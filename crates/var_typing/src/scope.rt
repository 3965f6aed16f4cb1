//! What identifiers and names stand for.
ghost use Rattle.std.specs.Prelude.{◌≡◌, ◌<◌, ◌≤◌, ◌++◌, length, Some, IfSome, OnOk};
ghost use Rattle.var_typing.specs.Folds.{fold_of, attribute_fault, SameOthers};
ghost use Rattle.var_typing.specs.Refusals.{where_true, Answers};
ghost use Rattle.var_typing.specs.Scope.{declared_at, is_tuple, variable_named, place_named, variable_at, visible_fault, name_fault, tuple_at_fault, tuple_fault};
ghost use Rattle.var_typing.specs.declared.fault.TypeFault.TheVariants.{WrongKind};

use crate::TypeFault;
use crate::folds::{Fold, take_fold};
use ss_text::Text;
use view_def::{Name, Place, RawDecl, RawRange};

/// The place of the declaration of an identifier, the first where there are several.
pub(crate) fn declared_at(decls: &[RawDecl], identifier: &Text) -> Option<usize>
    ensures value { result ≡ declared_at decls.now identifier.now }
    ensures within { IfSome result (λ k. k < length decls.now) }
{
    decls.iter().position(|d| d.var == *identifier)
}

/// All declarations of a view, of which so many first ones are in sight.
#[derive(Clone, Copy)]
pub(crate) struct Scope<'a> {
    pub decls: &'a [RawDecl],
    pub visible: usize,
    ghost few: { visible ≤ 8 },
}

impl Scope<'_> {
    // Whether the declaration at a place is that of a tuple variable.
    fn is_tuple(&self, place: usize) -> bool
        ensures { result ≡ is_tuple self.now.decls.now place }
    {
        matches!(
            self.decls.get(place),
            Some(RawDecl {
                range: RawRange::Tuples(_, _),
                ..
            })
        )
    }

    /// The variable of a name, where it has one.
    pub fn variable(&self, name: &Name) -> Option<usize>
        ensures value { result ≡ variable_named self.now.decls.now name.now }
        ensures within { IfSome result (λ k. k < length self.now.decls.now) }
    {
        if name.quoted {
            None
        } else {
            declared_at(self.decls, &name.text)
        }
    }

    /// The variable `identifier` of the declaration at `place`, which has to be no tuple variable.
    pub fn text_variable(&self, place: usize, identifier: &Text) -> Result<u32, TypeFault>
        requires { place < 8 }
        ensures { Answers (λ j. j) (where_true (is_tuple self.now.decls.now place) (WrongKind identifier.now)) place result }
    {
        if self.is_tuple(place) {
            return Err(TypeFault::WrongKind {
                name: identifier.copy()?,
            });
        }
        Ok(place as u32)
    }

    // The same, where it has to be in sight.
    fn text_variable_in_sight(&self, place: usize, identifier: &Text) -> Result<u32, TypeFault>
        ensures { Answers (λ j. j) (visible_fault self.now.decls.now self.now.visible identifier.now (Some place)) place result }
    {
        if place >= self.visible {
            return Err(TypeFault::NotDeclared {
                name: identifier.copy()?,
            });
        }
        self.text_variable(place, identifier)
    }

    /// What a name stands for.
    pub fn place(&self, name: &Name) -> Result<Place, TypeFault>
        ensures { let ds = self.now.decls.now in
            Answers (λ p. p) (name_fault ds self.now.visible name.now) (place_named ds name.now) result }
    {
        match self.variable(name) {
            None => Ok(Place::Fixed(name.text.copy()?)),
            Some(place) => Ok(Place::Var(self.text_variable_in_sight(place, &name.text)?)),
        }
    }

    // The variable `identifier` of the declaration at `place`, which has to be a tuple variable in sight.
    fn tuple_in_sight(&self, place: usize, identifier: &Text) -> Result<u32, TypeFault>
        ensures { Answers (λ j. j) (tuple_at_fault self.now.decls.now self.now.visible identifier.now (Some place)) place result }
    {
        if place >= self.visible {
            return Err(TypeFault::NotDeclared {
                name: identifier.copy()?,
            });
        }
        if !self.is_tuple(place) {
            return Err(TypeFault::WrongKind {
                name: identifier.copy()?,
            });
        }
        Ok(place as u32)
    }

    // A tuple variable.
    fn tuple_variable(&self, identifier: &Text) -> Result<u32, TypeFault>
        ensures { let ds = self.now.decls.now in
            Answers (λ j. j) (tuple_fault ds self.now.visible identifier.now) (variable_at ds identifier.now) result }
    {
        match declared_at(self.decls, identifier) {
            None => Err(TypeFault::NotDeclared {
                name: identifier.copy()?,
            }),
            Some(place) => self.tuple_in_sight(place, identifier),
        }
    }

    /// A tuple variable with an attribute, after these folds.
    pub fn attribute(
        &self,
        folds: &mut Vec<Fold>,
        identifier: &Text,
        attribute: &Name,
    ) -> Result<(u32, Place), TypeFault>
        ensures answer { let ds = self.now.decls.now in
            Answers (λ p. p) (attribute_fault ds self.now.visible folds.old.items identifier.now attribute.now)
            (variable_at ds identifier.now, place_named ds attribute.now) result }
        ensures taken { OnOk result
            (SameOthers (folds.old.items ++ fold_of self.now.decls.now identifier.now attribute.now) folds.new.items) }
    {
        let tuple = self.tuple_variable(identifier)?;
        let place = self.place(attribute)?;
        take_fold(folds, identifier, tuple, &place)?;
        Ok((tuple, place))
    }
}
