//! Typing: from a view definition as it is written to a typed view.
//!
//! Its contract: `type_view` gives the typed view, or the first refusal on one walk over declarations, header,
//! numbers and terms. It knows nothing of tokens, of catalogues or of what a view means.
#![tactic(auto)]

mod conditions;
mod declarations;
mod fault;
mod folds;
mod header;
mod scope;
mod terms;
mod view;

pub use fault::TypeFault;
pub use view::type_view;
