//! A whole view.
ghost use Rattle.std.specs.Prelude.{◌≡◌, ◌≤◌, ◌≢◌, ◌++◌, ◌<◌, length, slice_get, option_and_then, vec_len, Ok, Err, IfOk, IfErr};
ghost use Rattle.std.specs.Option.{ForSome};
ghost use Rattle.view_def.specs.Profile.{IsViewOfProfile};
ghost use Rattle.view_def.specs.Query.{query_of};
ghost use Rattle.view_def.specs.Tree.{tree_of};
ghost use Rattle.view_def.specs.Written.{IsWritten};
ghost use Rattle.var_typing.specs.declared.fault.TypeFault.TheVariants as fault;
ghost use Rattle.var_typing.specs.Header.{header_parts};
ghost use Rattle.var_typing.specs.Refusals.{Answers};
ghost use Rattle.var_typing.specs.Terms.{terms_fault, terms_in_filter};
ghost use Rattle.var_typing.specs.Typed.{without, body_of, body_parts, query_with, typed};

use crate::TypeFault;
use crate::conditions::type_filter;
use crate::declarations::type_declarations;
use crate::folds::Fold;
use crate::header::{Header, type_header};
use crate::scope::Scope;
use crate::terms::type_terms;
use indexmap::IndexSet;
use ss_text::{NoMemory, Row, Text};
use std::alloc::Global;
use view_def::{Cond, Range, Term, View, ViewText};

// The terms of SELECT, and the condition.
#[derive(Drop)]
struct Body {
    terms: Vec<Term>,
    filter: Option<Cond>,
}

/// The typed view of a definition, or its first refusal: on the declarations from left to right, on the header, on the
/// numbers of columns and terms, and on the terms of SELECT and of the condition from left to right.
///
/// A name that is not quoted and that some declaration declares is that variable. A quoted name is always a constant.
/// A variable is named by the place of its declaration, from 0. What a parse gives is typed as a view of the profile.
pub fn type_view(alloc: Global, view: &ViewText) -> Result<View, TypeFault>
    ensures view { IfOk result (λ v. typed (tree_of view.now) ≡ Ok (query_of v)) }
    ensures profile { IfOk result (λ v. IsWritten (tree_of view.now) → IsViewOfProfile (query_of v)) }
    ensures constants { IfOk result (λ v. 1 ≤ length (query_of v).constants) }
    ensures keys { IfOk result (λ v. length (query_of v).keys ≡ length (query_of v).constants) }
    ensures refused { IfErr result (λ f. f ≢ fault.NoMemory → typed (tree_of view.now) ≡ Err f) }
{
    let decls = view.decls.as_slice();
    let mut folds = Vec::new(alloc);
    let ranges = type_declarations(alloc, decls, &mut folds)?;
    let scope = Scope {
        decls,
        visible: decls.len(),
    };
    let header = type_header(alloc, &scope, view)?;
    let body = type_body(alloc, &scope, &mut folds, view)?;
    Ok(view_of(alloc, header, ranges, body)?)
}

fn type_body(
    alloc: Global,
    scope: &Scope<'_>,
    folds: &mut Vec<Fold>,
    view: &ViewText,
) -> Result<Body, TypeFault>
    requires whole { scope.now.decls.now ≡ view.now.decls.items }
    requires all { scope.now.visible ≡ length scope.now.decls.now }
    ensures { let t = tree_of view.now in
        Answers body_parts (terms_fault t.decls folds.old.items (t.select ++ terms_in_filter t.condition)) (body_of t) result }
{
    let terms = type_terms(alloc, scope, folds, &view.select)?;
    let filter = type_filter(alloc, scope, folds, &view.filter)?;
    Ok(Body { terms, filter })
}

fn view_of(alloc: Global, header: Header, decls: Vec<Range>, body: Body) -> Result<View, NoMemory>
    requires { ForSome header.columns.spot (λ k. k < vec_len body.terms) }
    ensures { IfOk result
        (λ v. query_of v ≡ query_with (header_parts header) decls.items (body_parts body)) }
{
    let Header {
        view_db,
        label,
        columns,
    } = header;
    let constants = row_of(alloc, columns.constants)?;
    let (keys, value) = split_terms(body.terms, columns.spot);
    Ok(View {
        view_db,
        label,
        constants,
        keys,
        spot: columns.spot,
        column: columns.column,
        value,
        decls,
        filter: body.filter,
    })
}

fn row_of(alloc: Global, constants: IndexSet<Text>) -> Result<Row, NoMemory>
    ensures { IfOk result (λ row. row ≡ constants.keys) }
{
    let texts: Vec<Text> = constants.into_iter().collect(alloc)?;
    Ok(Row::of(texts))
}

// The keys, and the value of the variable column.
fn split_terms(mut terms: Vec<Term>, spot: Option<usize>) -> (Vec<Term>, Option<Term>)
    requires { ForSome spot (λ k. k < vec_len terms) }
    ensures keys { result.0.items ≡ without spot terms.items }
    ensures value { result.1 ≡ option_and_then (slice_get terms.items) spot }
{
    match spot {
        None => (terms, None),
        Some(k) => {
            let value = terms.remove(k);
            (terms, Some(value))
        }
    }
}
━━━━━━━━━━━━━━━━━━━━━━━━━━━━━━
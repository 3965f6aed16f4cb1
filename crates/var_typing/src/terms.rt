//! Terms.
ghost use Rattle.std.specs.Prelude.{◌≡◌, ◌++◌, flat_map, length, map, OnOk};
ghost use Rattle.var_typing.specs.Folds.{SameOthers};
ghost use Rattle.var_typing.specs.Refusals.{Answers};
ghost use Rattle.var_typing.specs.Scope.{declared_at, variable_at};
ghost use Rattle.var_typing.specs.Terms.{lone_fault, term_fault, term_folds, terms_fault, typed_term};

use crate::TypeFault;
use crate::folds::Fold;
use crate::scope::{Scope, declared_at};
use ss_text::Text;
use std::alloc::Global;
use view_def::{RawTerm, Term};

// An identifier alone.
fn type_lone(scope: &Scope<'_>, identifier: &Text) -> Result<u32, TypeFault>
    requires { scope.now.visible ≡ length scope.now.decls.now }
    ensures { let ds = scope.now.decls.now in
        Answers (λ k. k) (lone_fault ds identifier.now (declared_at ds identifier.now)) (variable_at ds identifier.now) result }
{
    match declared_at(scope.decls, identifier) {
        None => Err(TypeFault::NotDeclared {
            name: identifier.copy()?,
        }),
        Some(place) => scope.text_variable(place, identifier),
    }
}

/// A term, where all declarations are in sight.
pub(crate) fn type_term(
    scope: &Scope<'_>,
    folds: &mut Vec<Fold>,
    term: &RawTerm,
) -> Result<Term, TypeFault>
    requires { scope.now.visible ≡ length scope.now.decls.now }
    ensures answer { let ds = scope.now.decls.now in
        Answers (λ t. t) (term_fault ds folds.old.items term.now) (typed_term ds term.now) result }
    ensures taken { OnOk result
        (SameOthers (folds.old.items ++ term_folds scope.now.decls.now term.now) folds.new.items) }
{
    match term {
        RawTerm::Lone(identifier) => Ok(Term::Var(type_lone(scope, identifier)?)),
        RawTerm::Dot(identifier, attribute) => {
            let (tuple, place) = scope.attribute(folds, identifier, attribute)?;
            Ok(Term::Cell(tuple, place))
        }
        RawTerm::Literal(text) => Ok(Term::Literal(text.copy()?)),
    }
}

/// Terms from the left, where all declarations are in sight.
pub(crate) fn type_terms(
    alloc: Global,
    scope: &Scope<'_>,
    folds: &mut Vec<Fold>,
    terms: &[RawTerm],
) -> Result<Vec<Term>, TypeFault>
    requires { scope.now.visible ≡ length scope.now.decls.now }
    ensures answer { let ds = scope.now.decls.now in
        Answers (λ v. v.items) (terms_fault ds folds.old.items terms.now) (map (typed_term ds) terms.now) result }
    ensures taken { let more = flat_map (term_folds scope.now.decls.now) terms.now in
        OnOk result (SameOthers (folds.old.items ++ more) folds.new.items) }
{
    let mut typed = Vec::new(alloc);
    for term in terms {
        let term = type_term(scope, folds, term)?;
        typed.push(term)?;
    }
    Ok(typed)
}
━━━━━━━━━━━━━━━━━━━━━━━━━━━━━━
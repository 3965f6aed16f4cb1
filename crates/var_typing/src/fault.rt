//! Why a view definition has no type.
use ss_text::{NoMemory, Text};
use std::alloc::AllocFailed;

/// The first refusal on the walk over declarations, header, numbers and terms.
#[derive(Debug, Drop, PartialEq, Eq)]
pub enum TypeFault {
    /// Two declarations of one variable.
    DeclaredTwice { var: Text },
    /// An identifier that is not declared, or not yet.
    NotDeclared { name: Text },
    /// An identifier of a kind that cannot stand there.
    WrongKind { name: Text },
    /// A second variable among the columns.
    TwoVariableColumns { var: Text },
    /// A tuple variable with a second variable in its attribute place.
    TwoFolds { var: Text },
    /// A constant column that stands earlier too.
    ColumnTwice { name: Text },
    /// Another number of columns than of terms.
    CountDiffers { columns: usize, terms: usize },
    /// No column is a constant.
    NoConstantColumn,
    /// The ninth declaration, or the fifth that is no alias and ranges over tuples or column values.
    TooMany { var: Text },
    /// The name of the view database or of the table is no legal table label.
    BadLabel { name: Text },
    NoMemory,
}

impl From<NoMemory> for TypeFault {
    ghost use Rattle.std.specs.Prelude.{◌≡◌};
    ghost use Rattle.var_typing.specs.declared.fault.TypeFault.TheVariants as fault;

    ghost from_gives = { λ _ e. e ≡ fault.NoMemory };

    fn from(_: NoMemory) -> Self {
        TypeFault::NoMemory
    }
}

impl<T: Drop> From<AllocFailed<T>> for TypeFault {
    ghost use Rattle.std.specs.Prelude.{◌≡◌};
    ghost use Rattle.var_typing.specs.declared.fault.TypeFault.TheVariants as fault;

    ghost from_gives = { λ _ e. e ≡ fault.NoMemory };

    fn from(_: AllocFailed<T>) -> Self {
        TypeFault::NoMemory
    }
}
━━━━━━━━━━━━━━━━━━━━━━━━━━━━━━
#### What you are asked to do:
Reproduce each line of the material that mentions "TheVariants".

#### Expected answer:
ghost use Rattle.var_typing.specs.declared.fault.TypeFault.TheVariants.{WrongKind};
ghost use Rattle.var_typing.specs.declared.fault.TypeFault.TheVariants as fault;
    ghost use Rattle.var_typing.specs.declared.fault.TypeFault.TheVariants as fault;
    ghost use Rattle.var_typing.specs.declared.fault.TypeFault.TheVariants as fault;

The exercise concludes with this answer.